C'est la thèse que sous-entend à mon sens toute cette passionnante biographie d'Emmanuel de Waresquiel : Fouché, homme de l'ordre, homme de pouvoir, mais, avant tout, héritier de la République. Il partage bon gré, mal gré, ce point commun avec celui qui restera son maître aux yeux de l'Histoire, Napoléon Bonaparte. Tous deux sont des enfants de la Révolution dont les ambitions dévorantes seraient restées lettres mortes sans elle ; mais, alors que le maître, charmé par les sirènes de Talleyrand, n'aura de cesse de haler son régime vers une monarchie de faits, le serviteur ne manquera jamais une occasion de le tirer, parfois rudement, en arrière.

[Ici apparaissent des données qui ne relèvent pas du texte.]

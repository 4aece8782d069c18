//! Native functions that look at none of their arguments (MQL5 Reference, Common Functions, Comment; Checkup,
//! IsStopped).
ghost use Rattle.std.specs.Prelude.{[]};
ghost use Rattle.natives.specs.declared.native.Native.TheVariants as natives;
ghost use Rattle.mql_meaning.specs.Natives.{computes};
ghost use Rattle.native_arguments.specs.Done.{Computes};

use crate::values::{given, truth_value, void_value};
use mql_meaning::Store;
use native_arguments::NativeDone;
use std::alloc::Global;
use store_cells::Fault;

/// `Comment`, whatever its arguments are.
pub fn comment(alloc: Global, store: &Store) -> Result<NativeDone, Fault>
    ensures { Computes (computes natives.Comment []) result store.now }
{
    given(alloc, void_value(), store)
}

/// `IsStopped`.
pub fn is_stopped(alloc: Global, store: &Store) -> Result<NativeDone, Fault>
    ensures { Computes (computes natives.IsStopped []) result store.now }
{
    given(alloc, truth_value(false), store)
}
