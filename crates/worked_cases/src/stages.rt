//! What the stages before declarations give, in one line.
use crate::case::Case;
use fx8::{OutOfMemory, Text8};
use mql_parse::parse;
use mql_preproc::{PreFault, Source, Sources, all_short, preprocess};
use mql_source::{MOST_TOKENS, MOST_UNITS};
use mql_tree::{Token, Tokens, Tree, lex, text_of_bytes};
use std::alloc::Global;

/// The sources that the files of a case are. Bytes that are no text make an empty one.
fn sources_of(alloc: Global, case: &Case) -> Result<Sources, OutOfMemory> {
    let mut sources = Sources::new(alloc);
    for held in &case.files {
        let text = match text_of_bytes(alloc, held.bytes.as_slice()) {
            Ok(text) => text,
            Err(_) => fx8::Text::new(alloc),
        };
        let name = Text8::from_slice(alloc, held.name.as_slice())?;
        sources.push(Source { name, text })?;
    }
    Ok(sources)
}

/// A token in one word or more: with `exact` every unit and kind of it, else as it is spelled.
fn shown(alloc: Global, token: &Token, exact: bool) -> Result<String, OutOfMemory> {
    if exact {
        exactly(alloc, token)
    } else {
        spelled(alloc, token)
    }
}

/// A token with its units and its kind.
fn exactly(alloc: Global, token: &Token) -> Result<String, OutOfMemory> {
    Ok(match token {
        Token::Name(name) => format!(in alloc; "name {:?};", name.as_slice())?,
        Token::Int { value, kind } => format!(in alloc; "{value} {kind:?};")?,
        Token::Double(number) => format!(in alloc; "double {};", number.units())?,
        Token::Str(units) => format!(in alloc; "str {:?};", units.as_slice())?,
        Token::Sign(sign) => format!(in alloc; "sign {sign:?};")?,
        Token::IncludeName { name, place } => {
            format!(in alloc; "file {:?} {place:?};", name.as_slice())?
        }
        Token::LineEnd => format!(in alloc; "end;")?,
    })
}

/// A token as it is spelled: numbers in decimal, a text in `'`.
fn spelled(alloc: Global, token: &Token) -> Result<String, OutOfMemory> {
    Ok(match token {
        Token::Name(name) => String::from_utf16_lossy(alloc, name.as_slice())?,
        Token::Int { value, .. } => format!(in alloc; "{value}")?,
        Token::Double(number) => format!(in alloc; "double {}", number.units())?,
        Token::Str(units) => {
            let units = String::from_utf16_lossy(alloc, units.as_slice())?;
            format!(in alloc; "'{units}'")?
        }
        Token::Sign(sign) => String::from_utf8_lossy(alloc, sign.spelling())?,
        Token::IncludeName { .. } => format!(in alloc; "file")?,
        Token::LineEnd => format!(in alloc; "end")?,
    })
}

/// Tokens in one line, with a blank behind each.
fn line_of(alloc: Global, tokens: &Tokens, exact: bool) -> Result<String, OutOfMemory> {
    let mut line = String::new(alloc);
    for pair in tokens.as_slice() {
        let one = shown(alloc, &pair.0, exact)?;
        line.push_str(one.as_str())?;
        line.push(' ')?;
    }
    Ok(line)
}

/// What preprocessing says of a case: the tokens; else the fault by its number, its file and its line, or the name of
/// the file that is needed. The word behind `preprocess` names the entry.
pub fn preprocessed(alloc: Global, case: &Case) -> Result<String, OutOfMemory> {
    let line = String::new(alloc);
    let sources = sources_of(alloc, case)?;
    let [_, entry] = case.words.as_slice() else {
        return Ok(line);
    };
    if !all_short(&sources) || sources.len() > 10_000 {
        return Ok(line);
    }
    let entry = Text8::from_slice(alloc, entry.as_bytes())?;
    match preprocess(alloc, &entry, &sources) {
        Ok(tokens) => line_of(alloc, &tokens, false),
        Err(fault) => line_of_fault(alloc, &fault),
    }
}

/// A fault of preprocessing by its number, its file and its line, or by the name of the file that is needed.
fn line_of_fault(alloc: Global, fault: &PreFault) -> Result<String, OutOfMemory> {
    if let PreFault::Need(name) = fault {
        let name = String::from_utf8_lossy(alloc, name.as_slice())?;
        return Ok(format!(in alloc; "need {name}")?);
    }
    match fault.span() {
        Some(span) => Ok(format!(in alloc; "{} at {}:{}", fault.number(), span.file, span.line)?),
        None => Ok(format!(in alloc; "{}", fault.number())?),
    }
}

/// The tokens of the first file of a case, or the fault of its text or of a token in words.
fn lexed(alloc: Global, case: &Case) -> Result<Result<Tokens, String>, OutOfMemory> {
    let Some(held) = case.files.first() else {
        return Ok(Ok(Tokens::new(alloc)));
    };
    let text = match text_of_bytes(alloc, held.bytes.as_slice()) {
        Ok(text) => text,
        Err(fault) => return Ok(Err(format!(in alloc; "{fault}")?)),
    };
    if text.len() > MOST_UNITS {
        return Ok(Ok(Tokens::new(alloc)));
    }
    match lex(alloc, 0, &text) {
        Ok(tokens) => Ok(Ok(tokens)),
        Err(fault) => Ok(Err(format!(in alloc; "{fault}")?)),
    }
}

/// The tokens of the one file of a case, or the fault in words.
pub fn tokens_of(alloc: Global, case: &Case) -> Result<String, OutOfMemory> {
    match lexed(alloc, case)? {
        Ok(tokens) => line_of(alloc, &tokens, true),
        Err(fault) => Ok(fault),
    }
}

/// What the parser says of the one file of a case: the tree, or the fault with its token; the fault of a text or of a
/// token in words. Of a tree only `Ok` is told where it is not to be `shown`.
pub fn parsed(alloc: Global, case: &Case, shown: bool) -> Result<String, OutOfMemory> {
    let tokens = match lexed(alloc, case)? {
        Ok(tokens) => tokens,
        Err(fault) => return Ok(fault),
    };
    let mut line = String::new(alloc);
    if tokens.len() > MOST_TOKENS {
        return Ok(line);
    }
    match parse(alloc, &tokens) {
        Ok(tree) if shown => {
            show(alloc, &tokens, &tree, &mut line)?;
            Ok(line)
        }
        Ok(_) => Ok(String::from_str(alloc, "Ok")?),
        Err(fault) => Ok(format!(in alloc; "{fault:?}")?),
    }
}

/// Adds parts to a line, parted by blanks.
#[cycle(show)]
fn show_all(
    alloc: Global,
    tokens: &Tokens,
    parts: &[Tree],
    line: &mut String,
) -> Result<(), OutOfMemory> {
    let mut first = true;
    for part in parts {
        if !first {
            line.push_str(" ")?;
        }
        first = false;
        show(alloc, tokens, part, line)?;
    }
    Ok(())
}

/// Adds a tree to a line: a token as it is spelled, a node by its form and its parts.
#[cycle(show)]
fn show(alloc: Global, tokens: &Tokens, tree: &Tree, line: &mut String) -> Result<(), OutOfMemory> {
    match tree {
        Tree::Leaf { token } => {
            if let Some(pair) = tokens.at(u64::from(*token)) {
                let text = spelled(alloc, &pair.0)?;
                line.push_str(text.as_str())?;
            }
        }
        Tree::Node { form, parts } => {
            let name = format!(in alloc; "{form:?}[")?;
            line.push_str(name.as_str())?;
            show_all(alloc, tokens, parts.as_slice(), line)?;
            line.push_str("]")?;
        }
    }
    Ok(())
}
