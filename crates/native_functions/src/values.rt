//! Values of native functions.
ghost use Rattle.std.specs.Prelude.{◌≡◌, ◌<◌, ◌*◌, [], ◌∷◌, IfOk, MatchOption, false, true, unsigned_abs};
ghost use Rattle.mql_meaning.specs.Natives as meaning;
ghost use Rattle.mql_meaning.specs.Dates.{has_date};
ghost use Rattle.native_arguments.specs.Done.{Computes};

use fx8::{Fix8, IntKind, ItemList, OutOfMemory, Text};
use mql_mean::Value;
use mql_meaning::{Cell, Store};
use native_arguments::{NativeDone, gives, gives_with};
use std::alloc::Global;
use store_cells::Fault;
use store_values::text;

/// A number of the kind `int`.
pub(crate) fn int(number: i128) -> Value
    ensures { result ≡ meaning.int number }
{
    Value::Num(IntKind::Int, number)
}

/// A count.
pub fn whole(count: u64) -> Value
    ensures { result ≡ meaning.whole count }
{
    Value::Num(IntKind::Int, count as i128)
}

/// The number -1.
pub(crate) fn minus_one() -> Value
    ensures { result ≡ meaning.minus_one }
{
    Value::Num(IntKind::Int, -1)
}

/// A truth.
pub fn truth_value(truth: bool) -> Value
    ensures { result ≡ meaning.truth_value truth }
{
    Value::Num(IntKind::Bool, if truth { 1 } else { 0 })
}

/// The empty string.
pub(crate) fn empty(alloc: Global) -> Value
    ensures { result ≡ meaning.empty }
{
    Value::Str(ItemList::new(alloc))
}

/// The value of a void function.
pub(crate) fn void_value() -> Value
    ensures { result ≡ meaning.void_value }
{
    Value::Num(IntKind::Int, 0)
}

/// The unit of a number; `OutOfMemory` where no string holds it, which no number of a kind that units have
/// comes to.
pub(crate) fn unit(number: i128) -> Result<u16, OutOfMemory>
    ensures { IfOk result (λ u. u ≡ unsigned_abs number) }
{
    let size = number.unsigned_abs();
    if size > 65_535 {
        return Err(OutOfMemory);
    }
    Ok(size as u16)
}

/// A native function gives a value.
pub fn given(alloc: Global, value: Value, store: &Store) -> Result<NativeDone, Fault>
    ensures { Computes (meaning.gives value) result store.now }
{
    Ok(gives(alloc, value))
}

/// A native function gives a value, and its first reference argument becomes a cell.
pub fn given_with(
    alloc: Global,
    cell: Cell,
    value: Value,
    store: &Store,
) -> Result<NativeDone, Fault>
    ensures { Computes (meaning.gives_with (cell ∷ []) value) result store.now }
{
    Ok(gives_with(alloc, cell, value)?)
}

/// A native function gives a double.
pub(crate) fn given_double(alloc: Global, number: Fix8, store: &Store) -> Result<NativeDone, Fault>
    ensures { Computes (meaning.gives_double number) result store.now }
{
    Ok(gives(alloc, Value::Dbl(number)))
}

/// A native function gives a string; one that is too long is an error at the line in force.
#[tactic(auto, using(crate::proofs::Ranges::stops, crate::proofs::Ranges::goes))]
pub(crate) fn given_text(alloc: Global, units: Text, store: &Store) -> Result<NativeDone, Fault>
    ensures { Computes (meaning.gives_text units) result store.now }
{
    let value = text(units, store)?;
    Ok(gives(alloc, value))
}

/// A string that is a reference argument becomes another one; one that is too long is an error at the line in
/// force.
#[tactic(auto, using(crate::proofs::Ranges::stops, crate::proofs::Ranges::goes))]
pub(crate) fn becomes_text(
    alloc: Global,
    units: Text,
    value: Value,
    store: &Store,
) -> Result<NativeDone, Fault>
    ensures { Computes (meaning.becomes_text units value) result store.now }
{
    let new = text(units, store)?;
    Ok(gives_with(alloc, Cell::One(new), value)?)
}

/// The second of a time that has a date; `None` exactly for one that has none.
#[tactic(auto, using(crate::proofs::Ranges::undated, crate::proofs::Ranges::too_late, crate::proofs::Ranges::dated))]
pub fn second_in(time: i128) -> Option<u64>
    ensures { MatchOption result (has_date time ≡ false)
        (λ t. (has_date time ≡ true) × (unsigned_abs time ≡ t) × (t < 376200 * 86400)) }
{
    if time < 0 {
        return None;
    }
    let second = time.unsigned_abs();
    if second >= 376_200 * 86_400 {
        return None;
    }
    Some(second as u64)
}
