//! Native functions of numbers, once their arguments are read (MQL5 Reference, Math Functions; Conversion
//! Functions, NormalizeDouble).
ghost use Rattle.std.specs.Prelude.{◌≡◌, true};
ghost use Rattle.fx8.specs.Doubles.{normalized};
ghost use Rattle.mql_meaning.specs.Operators.{no_fault};
ghost use Rattle.mql_meaning.specs.StringFunctions.{decimals_of};
ghost use Rattle.mql_meaning.specs.MathFunctions as numbers;
ghost use Rattle.mql_meaning.specs.Natives as meaning;
ghost use Rattle.native_arguments.specs.Done.{Computes};
ghost use Rattle.native_functions.specs.Doubles.{as_double};
ghost use Rattle.native_math.specs.Outcomes.{outcome};

use crate::values::{given, given_double, truth_value};
use fx8::{Fix8, FixFault};
use mql_mean::{ErrorKind, Value};
use mql_meaning::Store;
use native_arguments::NativeDone;
use native_math::{
    ceil_of, floor_of, greater, greater_double, lesser, lesser_double, normalize, power, rest_of,
    round, size_in, size_of_double, square_root,
};
use std::alloc::Global;
use store_cells::{End, Fault};
use store_places::failed;
use store_values::no_fault;

/// A double, or the error of a fault of arithmetic.
#[tactic(auto, using(crate::proofs::Ranges::stops, crate::proofs::Ranges::goes))]
fn double_or_error(
    alloc: Global,
    number: Result<Fix8, FixFault>,
    store: &Store,
) -> Result<NativeDone, Fault>
    ensures { Computes (as_double (no_fault number)) result store.now }
{
    let number = no_fault(number, store)?;
    given_double(alloc, number, store)
}

/// A double, or an error at the line in force.
fn double_or_failed(
    alloc: Global,
    number: Result<Fix8, ErrorKind>,
    store: &Store,
) -> Result<NativeDone, Fault>
    ensures { Computes (as_double (outcome number)) result store.now }
{
    match number {
        Ok(number) => given_double(alloc, number, store),
        Err(kind) => Err(Fault::End(failed(kind, store))),
    }
}

/// The size of a number (MathAbs).
pub(crate) fn size(alloc: Global, value: &Value, store: &Store) -> Result<NativeDone, Fault>
    ensures { Computes (meaning.of_number numbers.size_of value.now) result store.now }
{
    match value {
        Value::Num(kind, number) => given(alloc, Value::Num(*kind, size_in(*kind, *number)), store),
        Value::Dbl(number) => double_or_error(alloc, size_of_double(*number), store),
        Value::Str(_) => Err(Fault::End(End::Stuck)),
        Value::Ptr(_) => Err(Fault::End(End::Stuck)),
        Value::Arr(_) => Err(Fault::End(End::Stuck)),
        Value::Rec(_) => Err(Fault::End(End::Stuck)),
    }
}

/// The greater of two numbers (MathMax).
pub(crate) fn greatest(
    alloc: Global,
    first: &Value,
    second: &Value,
    store: &Store,
) -> Result<NativeDone, Fault>
    ensures { Computes (meaning.of_numbers numbers.greater first.now second.now) result store.now }
{
    match first {
        Value::Num(kind, x) => match second {
            Value::Num(_, y) => given(alloc, Value::Num(*kind, greater(*x, *y)), store),
            _ => Err(Fault::End(End::Stuck)),
        },
        Value::Dbl(x) => match second {
            Value::Dbl(y) => given_double(alloc, greater_double(*x, *y), store),
            _ => Err(Fault::End(End::Stuck)),
        },
        _ => Err(Fault::End(End::Stuck)),
    }
}

/// The lesser of two numbers (MathMin).
pub(crate) fn least(
    alloc: Global,
    first: &Value,
    second: &Value,
    store: &Store,
) -> Result<NativeDone, Fault>
    ensures { Computes (meaning.of_numbers numbers.lesser first.now second.now) result store.now }
{
    match first {
        Value::Num(kind, x) => match second {
            Value::Num(_, y) => given(alloc, Value::Num(*kind, lesser(*x, *y)), store),
            _ => Err(Fault::End(End::Stuck)),
        },
        Value::Dbl(x) => match second {
            Value::Dbl(y) => given_double(alloc, lesser_double(*x, *y), store),
            _ => Err(Fault::End(End::Stuck)),
        },
        _ => Err(Fault::End(End::Stuck)),
    }
}

/// The greatest whole double that is not above a double (MathFloor).
pub(crate) fn floor(alloc: Global, number: Fix8, store: &Store) -> Result<NativeDone, Fault>
    ensures { Computes (as_double (no_fault (numbers.floor_of number))) result store.now }
{
    double_or_error(alloc, floor_of(number), store)
}

/// The least whole double that is not below a double (MathCeil).
pub(crate) fn ceiling(alloc: Global, number: Fix8, store: &Store) -> Result<NativeDone, Fault>
    ensures { Computes (as_double (no_fault (numbers.ceil_of number))) result store.now }
{
    double_or_error(alloc, ceil_of(number), store)
}

/// A double rounded to a whole one (MathRound).
pub(crate) fn rounded(alloc: Global, number: Fix8, store: &Store) -> Result<NativeDone, Fault>
    ensures { Computes (as_double (no_fault (normalized 0 number))) result store.now }
{
    double_or_error(alloc, round(number), store)
}

/// The square root of a double (MathSqrt).
#[tactic(auto, using(crate::proofs::Ranges::begun))]
pub(crate) fn root(alloc: Global, number: Fix8, store: &Store) -> Result<NativeDone, Fault>
    ensures { Computes (as_double (numbers.square_root number)) result store.now }
{
    double_or_failed(alloc, square_root(number), store)
}

/// What is left of a double by another one (MathMod).
pub(crate) fn rest(
    alloc: Global,
    first: Fix8,
    second: Fix8,
    store: &Store,
) -> Result<NativeDone, Fault>
    ensures { Computes (as_double (no_fault (numbers.rest_of first second))) result store.now }
{
    double_or_error(alloc, rest_of(first, second), store)
}

/// A double to the power of another one (MathPow).
#[tactic(auto, using(crate::proofs::Ranges::begun))]
pub(crate) fn raised_to(
    alloc: Global,
    first: Fix8,
    second: Fix8,
    store: &Store,
) -> Result<NativeDone, Fault>
    ensures { Computes (as_double (numbers.power first second)) result store.now }
{
    double_or_failed(alloc, power(first, second), store)
}

/// Whether a double is a number, which each is (MathIsValidNumber).
pub(crate) fn is_number(alloc: Global, _number: Fix8, store: &Store) -> Result<NativeDone, Fault>
    ensures { Computes (meaning.gives (meaning.truth_value true)) result store.now }
{
    given(alloc, truth_value(true), store)
}

/// A double rounded to so many decimals (NormalizeDouble).
pub(crate) fn with_decimals(
    alloc: Global,
    number: Fix8,
    digits: i128,
    store: &Store,
) -> Result<NativeDone, Fault>
    ensures { Computes (as_double (no_fault (normalized (decimals_of digits) number)))
        result store.now }
{
    double_or_error(alloc, normalize(number, digits), store)
}
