//! Typing of statements with all that stands in them.
#![tactic(auto)]

mod walk;

pub use walk::told_all;
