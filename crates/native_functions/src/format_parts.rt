//! Texts of formats, and their arguments (MQL5 Reference, StringFormat).
ghost use Rattle.std.specs.Prelude.{◌≡◌, IfOk};
ghost use Rattle.mql_meaning.specs.Natives as meaning;
ghost use Rattle.native_arguments.specs.Arguments.{all_shown, all_values};
ghost use Rattle.native_arguments.specs.Done.{Computes};

use crate::values::given_text;
use fx8::{FixFault, ItemList, OutOfMemory};
use mql_mean::{ErrorKind, Value, ValueList};
use mql_meaning::Store;
use native_arguments::{Argument, NativeDone, value};
use native_formats::format;
use std::alloc::Global;
use store_cells::{End, Fault};
use store_places::failed;

/// Arguments that are values; `None` exactly where one is none.
#[tactic(auto, using(crate::proofs::Formatted::before_none, crate::proofs::Formatted::before_one, crate::proofs::Formatted::before_end))]
pub(crate) fn values(
    alloc: Global,
    arguments: &[Argument<'_>],
) -> Result<Option<ValueList>, OutOfMemory>
    ensures { IfOk result (λ vs. vs ≡ all_values (all_shown arguments.now)) }
{
    let mut all = ItemList::new(alloc);
    for argument in arguments {
        let Some(value) = value(*argument) else {
            return Ok(None);
        };
        all.push(value.copy(alloc)?)?;
    }
    Ok(Some(all))
}

/// The text of a format with arguments; a whole number that is to be written as a `double` that does not hold
/// it is an error at the line in force.
pub(crate) fn formatted(
    alloc: Global,
    text: &[u16],
    values: &[Value],
    store: &Store,
) -> Result<NativeDone, Fault>
    ensures { Computes (meaning.formats text.now values.now) result store.now }
{
    match format(alloc, text, values)? {
        Ok(units) => given_text(alloc, units, store),
        Err(FixFault::Overflow) => Err(Fault::End(failed(ErrorKind::FixedOverflow, store))),
        Err(FixFault::ZeroDivide) => Err(Fault::End(failed(ErrorKind::ZeroDivide, store))),
    }
}
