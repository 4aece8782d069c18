//! The native functions of strings (MQL5 Reference, String Functions).
ghost use Rattle.natives.specs.declared.native.Native.TheVariants as natives;
ghost use Rattle.mql_meaning.specs.Natives.{computes};
ghost use Rattle.native_arguments.specs.Arguments.{all_shown};
ghost use Rattle.native_arguments.specs.Done.{Computes};

use crate::split_parts::parts;
use crate::string_parts::{
    character, compared, cut, found, left_trimmed, length, replaced, right_trimmed, to_lower,
    to_upper, with_character,
};
use mql_meaning::Store;
use native_arguments::{
    Argument, NativeDone, lent_string_two_numbers, lent_string_two_strings, one_lent_string,
    one_string, string_number, string_number_array, string_two_numbers, two_strings_number,
};
use std::alloc::Global;
use store_cells::{End, Fault};

/// `StringLen`.
pub fn string_len(
    alloc: Global,
    arguments: &[Argument<'_>],
    store: &Store,
) -> Result<NativeDone, Fault>
    ensures { Computes (computes natives.StringLen (all_shown arguments.now)) result store.now }
{
    match one_string(arguments) {
        Some(first) => length(alloc, first, store),
        None => Err(Fault::End(End::Stuck)),
    }
}

/// `StringSubstr`.
pub fn string_substr(
    alloc: Global,
    arguments: &[Argument<'_>],
    store: &Store,
) -> Result<NativeDone, Fault>
    ensures { Computes (computes natives.StringSubstr (all_shown arguments.now)) result store.now }
{
    match string_two_numbers(arguments) {
        Some((first, second, third)) => cut(alloc, first, second, third, store),
        None => Err(Fault::End(End::Stuck)),
    }
}

/// `StringFind`.
pub fn string_find(
    alloc: Global,
    arguments: &[Argument<'_>],
    store: &Store,
) -> Result<NativeDone, Fault>
    ensures { Computes (computes natives.StringFind (all_shown arguments.now)) result store.now }
{
    match two_strings_number(arguments) {
        Some((first, second, third)) => found(alloc, first, second, third, store),
        None => Err(Fault::End(End::Stuck)),
    }
}

/// `StringReplace`.
pub fn string_replace(
    alloc: Global,
    arguments: &[Argument<'_>],
    store: &Store,
) -> Result<NativeDone, Fault>
    ensures { Computes (computes natives.StringReplace (all_shown arguments.now)) result store.now }
{
    match lent_string_two_strings(arguments) {
        Some((first, second, third)) => replaced(alloc, first, second, third, store),
        None => Err(Fault::End(End::Stuck)),
    }
}

/// `StringTrimLeft`.
pub fn string_trim_left(
    alloc: Global,
    arguments: &[Argument<'_>],
    store: &Store,
) -> Result<NativeDone, Fault>
    ensures { Computes (computes natives.StringTrimLeft (all_shown arguments.now)) result store.now }
{
    match one_lent_string(arguments) {
        Some(first) => left_trimmed(alloc, first, store),
        None => Err(Fault::End(End::Stuck)),
    }
}

/// `StringTrimRight`.
pub fn string_trim_right(
    alloc: Global,
    arguments: &[Argument<'_>],
    store: &Store,
) -> Result<NativeDone, Fault>
    ensures { Computes (computes natives.StringTrimRight (all_shown arguments.now)) result store.now }
{
    match one_lent_string(arguments) {
        Some(first) => right_trimmed(alloc, first, store),
        None => Err(Fault::End(End::Stuck)),
    }
}

/// `StringToLower`.
pub fn string_to_lower(
    alloc: Global,
    arguments: &[Argument<'_>],
    store: &Store,
) -> Result<NativeDone, Fault>
    ensures { Computes (computes natives.StringToLower (all_shown arguments.now)) result store.now }
{
    match one_lent_string(arguments) {
        Some(first) => to_lower(alloc, first, store),
        None => Err(Fault::End(End::Stuck)),
    }
}

/// `StringToUpper`.
pub fn string_to_upper(
    alloc: Global,
    arguments: &[Argument<'_>],
    store: &Store,
) -> Result<NativeDone, Fault>
    ensures { Computes (computes natives.StringToUpper (all_shown arguments.now)) result store.now }
{
    match one_lent_string(arguments) {
        Some(first) => to_upper(alloc, first, store),
        None => Err(Fault::End(End::Stuck)),
    }
}

/// `StringGetCharacter`.
pub fn string_get_character(
    alloc: Global,
    arguments: &[Argument<'_>],
    store: &Store,
) -> Result<NativeDone, Fault>
    ensures { Computes (computes natives.StringGetCharacter (all_shown arguments.now)) result store.now }
{
    match string_number(arguments) {
        Some((first, second)) => character(alloc, first, second, store),
        None => Err(Fault::End(End::Stuck)),
    }
}

/// `StringSetCharacter`.
pub fn string_set_character(
    alloc: Global,
    arguments: &[Argument<'_>],
    store: &Store,
) -> Result<NativeDone, Fault>
    ensures { Computes (computes natives.StringSetCharacter (all_shown arguments.now)) result store.now }
{
    match lent_string_two_numbers(arguments) {
        Some((first, second, third)) => with_character(alloc, first, second, third, store),
        None => Err(Fault::End(End::Stuck)),
    }
}

/// `StringSplit`.
pub fn string_split(
    alloc: Global,
    arguments: &[Argument<'_>],
    store: &Store,
) -> Result<NativeDone, Fault>
    ensures { Computes (computes natives.StringSplit (all_shown arguments.now)) result store.now }
{
    match string_number_array(arguments) {
        Some((first, second, third)) => parts(alloc, first, second, third, store),
        None => Err(Fault::End(End::Stuck)),
    }
}

/// `StringCompare`.
pub fn string_compare(
    alloc: Global,
    arguments: &[Argument<'_>],
    store: &Store,
) -> Result<NativeDone, Fault>
    ensures { Computes (computes natives.StringCompare (all_shown arguments.now)) result store.now }
{
    match two_strings_number(arguments) {
        Some((first, second, third)) => compared(alloc, first, second, third, store),
        None => Err(Fault::End(End::Stuck)),
    }
}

Parlons-en, tiens, de Talleyrand ! Waresquiel ne cache pas sa sympathie envers « le diable boiteux » (dont il avait déjà fait une excellente biographie) par rapport au ministre régicide. Je considère, quant à moi, que les deux lascars se valent bien et, si Fouché a davantage de sang sur les mains, j'aurais presque plus d'inclination envers sa franche crapulerie qu'envers la séduction sirupeuse du prince du vice.

D'autant que, s'il n'est guère sympathique, le Fouché que nous présente Waresquiel n'est pas non plus monstrueux. Ce tigre aime sa femme et adore éperdument ses enfants. Il sait faire preuve de loyauté en amitié, même s'il ne montre aucune pitié quand les amis d'hier deviennent les ennemis d‘aujourd'hui. Quand faire le bien ne lui coûte rien ou si peu, il ne s'en abstient pas. Pas de quoi redorer le blason du « mitrailleur de Lyon », mais assez pour éveiller chez moi une étincelle de pitié quand vient le moment d'abandonner le vieux fauve, exilé, privé de tout pouvoir et rongé par l'ennui de son inertie – la pire punition que pouvait lui infliger l'Histoire. Grand criminel, grand policier, grand ministre, grand espion, il fallait à Joseph Fouché un grand biographe pour éclairer d'une lumière impartiale les lignes tourmentées de sa vie. Waresquiel a répondu présent. Il a bien fait.